Chess has been played by people vs. computers for some time and the humans did not always win. Can we say that the computer has intelligence in this case,although it does not have the general intelligence we are accustomed at people?The Turing test was developed in this purpose: it says that a machine is as intelligent as a human being if based on their actions you can’t decide who is who. I think this definition is pretty anthropomorphic as it doesn’t take into consideration the possibility of a machine outsmarting a human being.

Robots are far from being as intelligent as people because they do not understand what they execute, but does a bacterium with no brain understand how its genetic code works? We all agree that bacteria are organisms, but is it because they reproduce or because they use the same type of chemistry as us?  A bacterium is considered a living being while it is stupid while a robot can beat people at chess and they are considered things. Why is that?

Meanwhile I have read a book called “What is life” by Schrödinger which is written by a physicist and not a biologist and this is what makes it so unique.This way I got to the conclusion that a form of life is an assembly of molecules that get exterior energy in order to decrease their internal entropy.

So where is the line between things and organisms? Are robots considered things because they do not reproduce by themselves as organisms do and because they are not a product of reproduction like sterile organisms are? If yes then this is a shaky definition as a robot can recreate one alike. Mechanical self-replication of machines does already happen and it will improve by time.They can obtain materials, manufacture the parts, provide the energy and do all the testing. These assembler robots represent the future of nanotechnology. Computer viruses are also able to self-replicate so how come they are not considered alive?

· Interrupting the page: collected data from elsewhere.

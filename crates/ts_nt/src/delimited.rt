// Characters between two delimiters: IRIs and the strings of literals.
ghost use Rattle.std.specs.Prelude.{◌≡◌, ◌≢◌, ◌++◌, ◌<◌, ◌∷◌, ℕ, List, flat_map, chars, string_bytes, IfOk, IfSome, IfNone, OnOk};
ghost use Rattle.std.specs.Option.{option_map};
ghost use Rattle.ts_model.specs.Iri.{iri_character, upper_digit as upper_digit_of};
ghost use Rattle.ts_model.specs.Literal.{string_character};
ghost use Rattle.ts_nt.specs.Items.{iri_item as iri_item_of, string_item as string_item_of};
ghost use Rattle.ts_nt.specs.Reading.{Finds, Reads};
ghost use Rattle.ts_nt.specs.Terms.{IriAt, StringAt};

use crate::front::after_char;
use crate::items::{iri_item, string_item};
use std::alloc::AllocError;
use ts_model::is_direct_in_iri;

/// Appends the canonical spelling of the IRI at the front of a text, and gives the text after it.
pub fn read_iri<'a>(text: &'a str, into: &mut String) -> Result<Option<&'a str>, AllocError>
    ensures { IfOk result (λ found. Finds IriAt (chars text.now) (string_bytes into.old) (string_bytes into.new) (option_map (λ rest. chars rest.now) found)) }
{
    let Some(inside) = after_char(text, '<') else {
        return Ok(None);
    };
    into.push('<')?;
    let rest = read_iri_characters(inside, into)?;
    let Some(after) = after_char(rest, '>') else {
        return Ok(None);
    };
    into.push('>')?;
    Ok(Some(after))
}

/// Appends the canonical spelling of the string at the front of a text, and gives the text after it.
pub fn read_string<'a>(text: &'a str, into: &mut String) -> Result<Option<&'a str>, AllocError>
    ensures { IfOk result (λ found. Finds StringAt (chars text.now) (string_bytes into.old) (string_bytes into.new) (option_map (λ rest. chars rest.now) found)) }
{
    let Some(inside) = after_char(text, '"') else {
        return Ok(None);
    };
    into.push('"')?;
    let rest = read_string_characters(inside, into)?;
    let Some(after) = after_char(rest, '"') else {
        return Ok(None);
    };
    into.push('"')?;
    Ok(Some(after))
}

/// Appends the spelling of as many characters of an IRI as there are, and gives the text after them.
fn read_iri_characters<'a>(text: &'a str, into: &mut String) -> Result<&'a str, AllocError>
    ensures { IfOk result (λ rest. (characters : List ℕ)
        × Reads iri_item_of (chars text.now) characters (chars rest.now)
        × (iri_item_of (chars rest.now) ≡ None)
        × (string_bytes into.new ≡ string_bytes into.old ++ flat_map iri_character characters)) }
{
    let mut rest = text;
    while let Some((c, after)) = iri_item(rest) {
        push_iri_character(into, c)?;
        rest = after;
    }
    Ok(rest)
}

/// Appends the spelling of as many characters of a string as there are, and gives the text after them.
fn read_string_characters<'a>(text: &'a str, into: &mut String) -> Result<&'a str, AllocError>
    ensures { IfOk result (λ rest. (characters : List ℕ)
        × Reads string_item_of (chars text.now) characters (chars rest.now)
        × (string_item_of (chars rest.now) ≡ None)
        × (string_bytes into.new ≡ string_bytes into.old ++ flat_map string_character characters)) }
{
    let mut rest = text;
    while let Some((c, after)) = string_item(rest) {
        push_string_character(into, c)?;
        rest = after;
    }
    Ok(rest)
}

/// Appends a character as an IRI spells it.
fn push_iri_character(into: &mut String, c: char) -> Result<(), AllocError>
    ensures { OnOk result (string_bytes into.new ≡ string_bytes into.old ++ iri_character c) }
{
    if is_direct_in_iri(c) {
        return into.push(c);
    }
    // Only characters of ASCII are escaped.
    let code = c as u8;
    into.push_str("\\u00")?;
    into.push(upper_digit(code / 16))?;
    into.push(upper_digit(code % 16))
}

/// A hexadecimal digit, in upper case.
fn upper_digit(digit: u8) -> char
    requires { digit < 16 }
    ensures { result ≡ upper_digit_of digit }
{
    if digit < 10 {
        (b'0' + digit) as char
    } else {
        (b'A' - 10 + digit) as char
    }
}

/// Appends a character as a string spells it.
fn push_string_character(into: &mut String, c: char) -> Result<(), AllocError>
    ensures { OnOk result (string_bytes into.new ≡ string_bytes into.old ++ string_character c) }
{
    match c {
        '"' => into.push_str("\\\""),
        '\\' => into.push_str("\\\\"),
        '\n' => into.push_str("\\n"),
        '\r' => into.push_str("\\r"),
        _ => into.push(c),
    }
}
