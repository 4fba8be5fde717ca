//! Lines of triples, in this project's profile of RDF 1.1 N-Triples.
//!
//! [`read_line`] gives the triple of a line with its sign, nothing of a blank line or a comment, and [`LineError`] where
//! the line is neither. [`read_term`] gives the term that bytes spell, and [`object_kind`] what an object at the front of
//! a text can be. [`write_triple`] appends the line of a triple.
//!
//! The layer above uses that an answer is the one triple that the line spells, that each error has the cause that its
//! doc names, and that what is written is exactly the triple's line, which reads back as that triple.
#![tactic(auto)]

pub use line::object_kind;
pub use read::{LINE_LIMIT, LineError, one_reading, read_line, read_term};
pub use write::{printed_triple_reads_back, write_triple};

mod delimited;
mod front;
mod items;
mod line;
mod read;
mod term;
#[cfg(test)]
mod tests;
mod verbatim;
mod write;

It seems as ?life as we know it? is different than ?life as it might be?.

P.S. You can read the book at this link:

Welcome to the world of robots!

October 25, 2009

Robotics is much more of an art rather than a science. This is why I love it so much as I can be creative and precise at the same time. You do not need fancy education to build a robot, just some basic mechanical and electrical skills, a desire to learn and imagination. You will find a lot of theoretical articles here because 90% of the time it takes to build a robot is designing it. The topics I deal with range from different mechanisms useful when considering a certain output, how to model the robot and its environment, biological approaches for different types of locomotion and a lot of other things.